Но отец Климент не спешил соглашаться. Он был изумлен известием. И не знал, как на него реагировать. Видя его замешательство, Иннокентий Павлович поспешил склонить чашу весов на свою сторону, сказав:
— Я уже получил благословение митрополита Владимира. Он дал свое пастырское слово поддержать меня. Надеюсь, что и вы, отец Климент, одобрите мое начинание. Для меня это очень важно, поверьте.
— Ну, если сам митрополит Владимир…, — растерянно произнес отец Климент. Внезапно в его глазах мелькнул огонек подозрения, и он спросил: — А вы собираетесь освятить место будущего строительства?
— Разумеется, — тоном, отвергающим всяческое сомнение, сказал Иннокентий Павлович. — Это первое, что я делаю, начиная каждое свое новое предприятие.
— А то вы, быть может, не знаете, что Зачатьевское озеро — заповедник язычества, — пояснил отец Климент, все еще смотря с недоверием. — И я, говоря по правде, удивлен, что вы выбрали именно это место.
— Было языческим — станет православным, — весело заявил Иннокентий Павлович. — С вашей помощью, батюшка, мы обратим в православную веру всех язычников, как местных, так и пришлых. Как вам такое?
— Богоугодное дело, — кивнул отец Климент. — За него радостно и молиться.
— Вот и хорошо, — удовлетворенно заметил Иннокентий Павлович. — А я в долгу не останусь. В случае, если предприятие будет успешным, поток пожертвований на храм в Куличках хлынет, как из рога изобилия. Не забывайте об этом, батюшка, когда будете молиться за наше дело.
Отец Климент нахмурился.
— Языческий символ, — осуждающе произнес он. — Негоже упоминать о роге изобилия, говоря о православном храме. Тем паче, названном в честь Феодора Варяга и сына его Иоанна, принявших мучительную смерть от язычников.

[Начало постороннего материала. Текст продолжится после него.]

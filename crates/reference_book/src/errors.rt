/// How far a replica is, on a conit and at a moment, from what is true of all accepted writes (the three errors after
/// Yu and Vahdat's conits).
#[derive(Clone, Copy, Debug, PartialEq, Eq)]
pub struct Errors {
    /// The distance of its value from the true value, in units of weight.
    pub num: u64,
    /// The order weight of its tentative writes.
    pub order: u64,
    /// How long before the moment the oldest write that it hasn't seen was accepted, 0 where there is none:
    /// milliseconds where a clock gives moments.
    pub age: u64,
}
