//! What a workload asks for.
ghost use Rattle.std.specs.Prelude.{◌≡◌, ◌<◌, ◌≤◌, get_or};
ghost use Rattle.link_faults.specs.Plans.{no_faults};
ghost use Rattle.work_load.specs.Workloads.{IsWorkload};
ghost use Rattle.work_load.specs.declared.plan.TheConstants.{SETTLE_MAX};

use link_faults::LinkPlan;
use run_model::Config;
use std::marker::Model;
use tact_base::{Needs, Op, Weight, Weights};

/// The greatest count of items of a client.
pub const ITEMS_MAX: usize = 1_000;

/// The greatest count of rounds that settle a run.
pub const SETTLE_MAX: u64 = 100;

/// What a client asks of its replica.
#[derive(Clone, Copy, Debug, PartialEq, Eq)]
pub enum Item {
    /// To make a write.
    Write {
        weights: Weights,
        op: Op,
    },
    /// To make a write of one weight out of what the client holds on its conit, where that is enough, or else as any
    /// write.
    Held {
        weight: Weight,
        op: Op,
    },
    /// To set an amount of the shares on a conit aside for writes to come.
    Reserve {
        conit: u32,
        amount: u64,
    },
    /// To give up all that the client holds on a conit.
    Release {
        conit: u32,
    },
    /// To read the value of a key.
    Read {
        key: u64,
        needs: Needs,
    },
    /// To lend another replica an amount on a conit.
    Lend {
        holder: u32,
        conit: u32,
        amount: u64,
    },
    /// To give back an amount of what another replica lent on a conit.
    Back {
        owner: u32,
        conit: u32,
        amount: u64,
    },
    /// To begin anew from its journal.
    Restart,
}

/// The items of a client, in order.
pub type Items = tact_base::Items<Item>;

/// A client of a run.
#[derive(Debug, Drop)]
pub struct Client {
    /// The replica that it is a client of.
    pub replica: u32,
    /// Its number among the clients of the replica, below 8.
    pub client: u32,
    /// What it asks for, at most 1,000 items.
    pub items: Items,
}

/// What a workload asks for: what the run is made for, what each inbox does with what is put, how many rounds settle
/// the run, and its clients.
#[derive(Debug, Drop)]
pub struct Plan {
    pub(crate) config: Config,
    pub(crate) links: tact_base::Items<LinkPlan>,
    pub(crate) settle: u64,
    pub(crate) clients: tact_base::Items<Client>,
}

impl Model for Plan {
    ghost use Rattle.work_load.specs.Workloads.{Workload, IsWorkload};

    ghost Value = { Workload };

    ghost view = { λ p. record { setup = p.config; links = p.links; settle = p.settle; clients = p.clients } };

    ghost invariant = { λ p. IsWorkload (record { setup = p.config; links = p.links; settle = p.settle; clients = p.clients }) };
}

impl Plan {
    /// What the run is made for.
    pub fn config(&self) -> &Config
        ensures config { result.now ≡ self.now.setup }
        ensures sound { IsWorkload self.now }
    {
        &self.config
    }

    /// What the inbox of a replica does with what is put.
    pub fn link(&self, to: u32) -> LinkPlan
        requires { to < self.now.setup.replicas }
        ensures { result ≡ get_or self.now.links to no_faults }
    {
        self.links.items()[to as usize]
    }

    /// How many rounds settle the run, at most 100.
    pub fn settle(&self) -> u64
        ensures rounds { result ≡ self.now.settle }
        ensures few { result ≤ SETTLE_MAX }
    {
        self.settle
    }

    /// The clients, in order, no two of which have both their replica and their number.
    pub fn clients(&self) -> &[Client]
        ensures clients { result.now ≡ self.now.clients }
        ensures sound { IsWorkload self.now }
    {
        self.clients.items()
    }
}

Но Иннокентий Павлович уже не слушал его. Он добился своей главной цели, заручившись поддержкой церкви, а нюансы его не интересовали.
— Да-да, я слышал об этом, — равнодушно произнес он. — Простите, батюшка, но мне пора. Надеюсь, вы помяните и меня в своих молитвах. Большое дело мы с вами затеваем, отец Климент. Молитесь денно и нощно за него, и воздастся вам сторицей.
С этими словами он вышел из храма, оставив отца Климента в сомнениях и растерянности, но даже не заметил этого. Иннокентий Павлович считал настоятеля крошечной церквушки в затерянных среди лесов и болот Куличках слишком мелкой сошкой, чтобы обращать на него пристальное внимание. И у отца Климента была мягкая и слабая рука, а это для Иннокентия Павловича являлось самым убедительным доказательством того, что с ним не будет хлопот. Полдела было сделано, и Иннокентий Павлович был доволен собой.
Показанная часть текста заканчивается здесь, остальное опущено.